Это не шпионаж. Возможно, у Румянцева имелись и настоящие шпионы, платные агенты, но у них масштаб помельче. А такие, как Завадовский, — друзья, ученики, представители неформальной партии Румянцева. Не пешки, но фигуры. И они относились к Петру Александровичу с ученическим почтением, которое не иссякало ещё и потому, что граф Задунайский умел и материально заинтересовать друзей… Он знал цену рублю и умел инвестировать — в том числе и в союзников. Разумеется, косвенным порядком.
Думал он использовать и ретивого Григория Потёмкина, но быстро понял, что у этого генерала размах царский. Он быстро перетянет на себя одеяло, всех проглотит и костей не оставит. Таланты Потёмкина Румянцев разглядел, но разглядел и честолюбие, которое мешало двоим полководцам объединиться для прочного политического союза.
Самым крупным и надёжным политическим приобретением Румянцева стал Александр Андреевич Безбородко, в котором полководец сразу разглядел небывалого царедворца, дипломата, управленца. Ну кто ещё способен ужиться подряд — с Румянцевым, Екатериной и Павлом? Аттестуя Безбородко императрице, Румянцев сказал: «Представляю вашему величеству алмаз в коре. Ваш ум даст ему цену». Александр Андреевич поверхностно знал многие языки, но чисто говорить по-русски так и не выучился. Его малороссийский говор на все лады обыгрывали острословы, да и императрица посмеивалась, но Безбородко знал: пока он трудится энергично, пока не потерял нюх и хитроумие — он незаменим. Второго Безбородко под рукой у императрицы не имелось.

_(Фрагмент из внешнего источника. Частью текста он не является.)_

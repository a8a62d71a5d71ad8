//! One walk over the attributes of an UPDATE: what the first of each type is, and which are there.

ghost use Rattle.std.specs.Prelude.{◌≡◌, ◌<◌};
ghost use Rattle.std.specs.Option.{option_or};
ghost use Rattle.bgp_attr.specs.Field.{attribute_of};
ghost use Rattle.bgp_attr.specs.First.{first_at, first_by_type, firsts};
ghost use Rattle.bgp_attr.specs.Split.{attributes_of, rest_of, tail_at};
ghost use Rattle.bgp_attr.specs.declared.types.AttrType.{AttrType};
ghost use Rattle.bgp_update.specs.Found.{classes_found, types_found, is_repeated};
ghost use Rattle.bgp_update.specs.Noted.{classes_of, noted_with, types_of};

use bgp_attr::{Attr, AttrVerdict, Attrs, FirstAttrs, Side, Tail, class};

/// The classes that some first attribute of a type has. Types 14 and 15 are judged apart.
#[derive(Clone, Copy)]
pub(crate) struct Classes {
    pub(crate) reset: bool,
    pub(crate) withdraw: bool,
    /// Its type is neither ATOMIC_AGGREGATE nor AGGREGATOR.
    pub(crate) plain_withdraw: bool,
    pub(crate) discard: bool,
}

/// Which attributes are there.
#[derive(Clone, Copy)]
pub(crate) struct Types {
    pub(crate) origin: bool,
    pub(crate) as_path: bool,
    pub(crate) next_hop: bool,
    /// One of another type than MP_UNREACH_NLRI.
    pub(crate) other: bool,
    /// Some type more than once.
    pub(crate) has_repeats: bool,
}

/// What a walk over the attributes finds.
#[derive(Clone, Copy)]
pub(crate) struct Pass {
    pub(crate) classes: Classes,
    pub(crate) types: Types,
}

impl Classes {
    /// Returns what is found of no attribute.
    const NONE: Classes = Classes {
        reset: false,
        withdraw: false,
        plain_withdraw: false,
        discard: false,
    };

    /// Returns what is found with one attribute more.
    fn noted(self, side: Side, attr: &Attr<'_>) -> Classes
        ensures { classes_of result ≡ noted_with side (classes_of self) (attribute_of attr.now) }
    {
        let verdict = class(side, attr);
        if verdict == Some(AttrVerdict::Good) {
            return self;
        }
        let is_withdrawn = verdict == Some(AttrVerdict::Withdraw);
        Classes {
            reset: self.reset | (verdict == Some(AttrVerdict::Reset)),
            withdraw: self.withdraw | is_withdrawn,
            plain_withdraw: self.plain_withdraw
                | (is_withdrawn & (attr.kind != 6) & (attr.kind != 7)),
            discard: self.discard | (verdict == Some(AttrVerdict::Discard)),
        }
    }
}

/// Returns the index of an attribute type.
fn index_of(kind: u8) -> usize
    ensures same { result ≡ kind }
    ensures below { result < 256 }
{
    usize::from(kind)
}

/// Walks over the attributes of a field, and notes the first of each type. Returns also what stands
/// after the last of them. It takes no memory.
pub(crate) fn pass_over<'a>(
    side: Side,
    field: &'a [u8],
    first: &mut FirstAttrs<'a>,
) -> (Pass, Option<Tail>)
    ensures classes { classes_of result.0.classes
        ≡ classes_found side (firsts (attributes_of field.entry.now)) }
    ensures types { types_of result.0.types ≡ types_found (attributes_of field.entry.now) }
    ensures tail { result.1 ≡ tail_at (rest_of field.entry.now) }
    ensures first { (t : AttrType) → first_at first.new t
        ≡ option_or (first_at first.old t) (first_by_type (attributes_of field.entry.now) t) }
{
    let mut seen = [false; 256];
    let mut classes = Classes::NONE;
    let mut other = false;
    let mut has_repeats = false;
    let mut attrs = Attrs::new(field);
    while let Some(attr) = attrs.next() {
        first.note(attr);
        let index = index_of(attr.kind);
        other |= attr.kind != 15;
        if seen[index] {
            has_repeats = true; // Repeated attributes are discarded unread (RFC 7606, 3 g).
        } else {
            seen[index] = true;
            classes = classes.noted(side, &attr);
        }
    }
    let types = Types {
        origin: seen[1],
        as_path: seen[2],
        next_hop: seen[3],
        other,
        has_repeats,
    };
    (Pass { classes, types }, attrs.tail())
}

/// Checks whether a type stands more than once.
pub(crate) fn is_repeated(field: &[u8], kind: u8) -> bool
    ensures { result ≡ is_repeated kind (attributes_of field.now) }
{
    let mut is_there = false;
    for attr in Attrs::new(field) {
        if attr.kind == kind {
            if is_there {
                return true;
            }
            is_there = true;
        }
    }
    false
}
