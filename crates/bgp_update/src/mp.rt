//! The MP attributes of an UPDATE (RFC 4760, 3 and 4; RFC 8950, 3), and what is wrong with them
//! (RFC 7606, 5.3, 7.11 and 7.12).
//!
//! ```text
//! MP_REACH_NLRI    AFI 2 | SAFI 1 | next-hop length 1 | next hop | reserved 1 | NLRI
//! MP_UNREACH_NLRI  AFI 2 | SAFI 1 | withdrawn prefixes
//! ```

ghost use Rattle.std.specs.Prelude.{◌≡◌, ◌≤◌, length, option_map, IsTrue};
ghost use Rattle.bgp_attr.specs.Field.{attribute_of};
ghost use Rattle.bgp_update.specs.Mp.{has_other_bits, mp_state};
ghost use Rattle.bgp_update.specs.MpShown.{contents_of, contents_read, state_of, type_of_mp};
ghost use Rattle.bgp_update.specs.MpValue.{family_in, ipv6_hop_in, next_hop_in};
ghost use Rattle.bgp_update.specs.MpValue.{reach_contents, unreach_contents};
ghost use Rattle.bgp_update.specs.Destinations.{destinations_of, is_identified};
ghost use Rattle.bgp_update.specs.Field.{field_destinations};
ghost use Rattle.bgp_update.specs.Listed.{listed};

use crate::destinations::DestinationField;
use crate::mp_parts::{family_with, split_reach};
use bgp_attr::{Attr, AttrType, NextHop};
use bgp_open::{Families, Family, RouteForm};
use byteorder::{BigEndian, ByteOrder};

/// One of the two types.
#[derive(Clone, Copy)]
pub(crate) enum MpType {
    /// MP_REACH_NLRI.
    Reach,
    /// MP_UNREACH_NLRI.
    Unreach,
}

/// What an MP attribute of IPv4 or IPv6 unicast holds.
#[derive(Clone, Copy, Debug)]
pub struct MpContents<'a> {
    /// The next hop of MP_REACH_NLRI: none in MP_UNREACH_NLRI.
    pub next_hop: Option<NextHop>,
    /// The destinations: the field is correct.
    pub destinations: DestinationField<'a>,
}

/// What state an MP attribute is in.
#[derive(Clone, Copy)]
pub(crate) enum MpState<'a> {
    /// It isn't there.
    Absent,
    /// Its value has fewer than 3 octets.
    Cut,
    /// Its family is neither IPv4 nor IPv6 unicast.
    Other,
    /// Its family isn't in use.
    Unused(Family),
    /// Its family is in use, and its contents are wrong.
    Broken(Family),
    /// Its family is in use, and these are its contents.
    Sound(Family, MpContents<'a>),
}

impl MpType {
    /// Returns the attribute type.
    pub(crate) fn attr_type(self) -> AttrType
        ensures { result ≡ type_of_mp self }
    {
        match self {
            MpType::Reach => AttrType::MpReachNlri,
            MpType::Unreach => AttrType::MpUnreachNlri,
        }
    }
}

/// Returns the state of the first attribute of a type, if those families are in use and routes are
/// spelled in this form.
pub(crate) fn mp_state<'a>(
    used: Families,
    form: RouteForm,
    mp_type: MpType,
    attr: Option<Attr<'a>>,
) -> MpState<'a>
    ensures { state_of result
        ≡ mp_state used (contents_read form mp_type) (option_map attribute_of attr.entry) }
{
    let Some(attr) = attr else {
        return MpState::Absent;
    };
    if attr.value.len() < 3 {
        return MpState::Cut;
    }
    let Some(family) = family_in(attr.value) else {
        return MpState::Other;
    };
    if !used.contains(family) {
        return MpState::Unused(family);
    }
    match contents(form, mp_type, family, attr.value) {
        Some(contents) => MpState::Sound(family, contents),
        None => MpState::Broken(family),
    }
}

/// Checks whether its Optional and Transitive bits are in conflict with its type (RFC 7606, 3 c).
pub(crate) fn has_other_bits(mp_type: MpType, attr: Option<Attr<'_>>) -> bool
    ensures { result ≡ has_other_bits (type_of_mp mp_type) (option_map attribute_of attr.entry) }
{
    match attr {
        Some(attr) => !attr.has_bits_of(mp_type.attr_type()),
        None => false,
    }
}

/// Returns the family that the value of an MP attribute names, or none if it is neither IPv4 nor
/// IPv6 unicast (RFC 4760, 6).
pub fn family_in(value: &[u8]) -> Option<Family>
    requires { 3 ≤ length value.now }
    ensures { result ≡ family_in value.now }
{
    family_with(BigEndian::read_u16(value), value[2])
}

/// Reads the contents of an attribute of this family, or returns none if they are wrong.
fn contents<'a>(
    form: RouteForm,
    mp_type: MpType,
    family: Family,
    value: &'a [u8],
) -> Option<MpContents<'a>>
    requires { 3 ≤ length value.now }
    ensures { option_map contents_of result
        ≡ contents_read form mp_type family value.entry.now }
{
    match mp_type {
        MpType::Reach => reach_contents(form, family, value),
        MpType::Unreach => unreach_contents(form, family, value),
    }
}

/// Reads the contents of MP_REACH_NLRI of this family, if routes are spelled in this form. Returns
/// none if they are wrong: the value is too short for its fields, the next hop's length isn't one of
/// the family, or the destinations are incorrect (RFC 7606, 5.3 and 7.11).
pub fn reach_contents(form: RouteForm, family: Family, value: &[u8]) -> Option<MpContents<'_>>
    ensures { option_map contents_of result
        ≡ reach_contents form family value.entry.now }
{
    let parts = split_reach(value)?;
    let next_hop = next_hop_in(form, family, parts.next_hop)?;
    let destinations = destinations_in(form, family, parts.nlri)?;
    Some(MpContents {
        next_hop: Some(next_hop),
        destinations,
    })
}

/// Reads the contents of MP_UNREACH_NLRI of this family, if routes are spelled in this form.
/// Returns none if the destinations are incorrect (RFC 7606, 5.3 and 7.12).
pub fn unreach_contents(form: RouteForm, family: Family, value: &[u8]) -> Option<MpContents<'_>>
    requires { 3 ≤ length value.now }
    ensures { option_map contents_of result ≡ unreach_contents form family value.entry.now }
{
    let destinations = destinations_in(form, family, value.split_at(3).1)?;
    Some(MpContents {
        next_hop: None,
        destinations,
    })
}

/// Returns the field of destinations that these octets are in this form, or none if it is
/// incorrect.
fn destinations_in(form: RouteForm, family: Family, octets: &[u8]) -> Option<DestinationField<'_>>
    ensures { option_map (λ field. listed (field_destinations field)) result
        ≡ destinations_of (is_identified form family) family octets.entry.now }
{
    let field = DestinationField::new(form, family, octets);
    if field.count().is_none() {
        return None;
    }
    Some(field)
}

/// Reads the next hop of a route of this family, if routes are spelled in this form (RFC 4760, 3;
/// RFC 2545, 3; RFC 8950, 3). Returns none if it has another number of octets than the family's
/// next hops have.
pub fn next_hop_in(form: RouteForm, family: Family, octets: &[u8]) -> Option<NextHop>
    ensures { result ≡ next_hop_in form.ipv6_next_hops family octets.now }
{
    match family {
        Family::V4 if octets.len() == 4 => Some(NextHop::V4(BigEndian::read_u32(octets))),
        Family::V4 if !form.ipv6_next_hops => None,
        _ => ipv6_hop_in(octets),
    }
}

/// Reads an IPv6 next hop: 16 octets, or 32 with a link-local address (RFC 2545, 3).
fn ipv6_hop_in(octets: &[u8]) -> Option<NextHop>
    ensures { result ≡ ipv6_hop_in octets.now }
{
    match octets.len() {
        16 => Some(NextHop::V6(BigEndian::read_u128(octets))),
        32 => {
            let (address, link_local) = octets.split_at(16);
            Some(NextHop::V6WithLinkLocal(
                BigEndian::read_u128(address),
                BigEndian::read_u128(link_local),
            ))
        }
        _ => None,
    }
}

Из любого щекотливого положения он мог выйти с положительным сальдо — и для себя, и для патрона, и для государства. Прыткому малороссу понадобилось немного времени, чтобы стать незаменимым сотрудником государыни. Он стал достаточно сильным, чтобы забыть первоначального благодетеля, но Румянцев всё ещё был притягателен для Безбородко. В этом одна из загадок фельдмаршала: он умел управлять людьми и на расстоянии — причём личностями выдающимися! Что это — уникальные лидерские качества, ореол победы, фамильное обаяние? Или своеобразное родство душ с братьями по оружию?
Вот, например, Гаврила Романович Державин никогда не был ни сотрудником, ни соратником Румянцева. Но и он подпал под обаяние графа Задунайского — ещё когда служил в лейб-гвардии Преображенском полку в чине подпоручика. Гвардейские легенды о Румянцеве создали в воображении поэта образ идеального воина, мудрого политика, бескорыстного дворянина, преданного престолу и Отечеству. В стихах Державина Румянцев предстаёт как идеал просвещённого полководца, как современный Велизарий. Позже, когда Державин войдёт в силу, они познакомятся, но не сблизятся. Восхищаться графом Задунайским Державин не перестанет — даже изведав сухость стареющего полководца.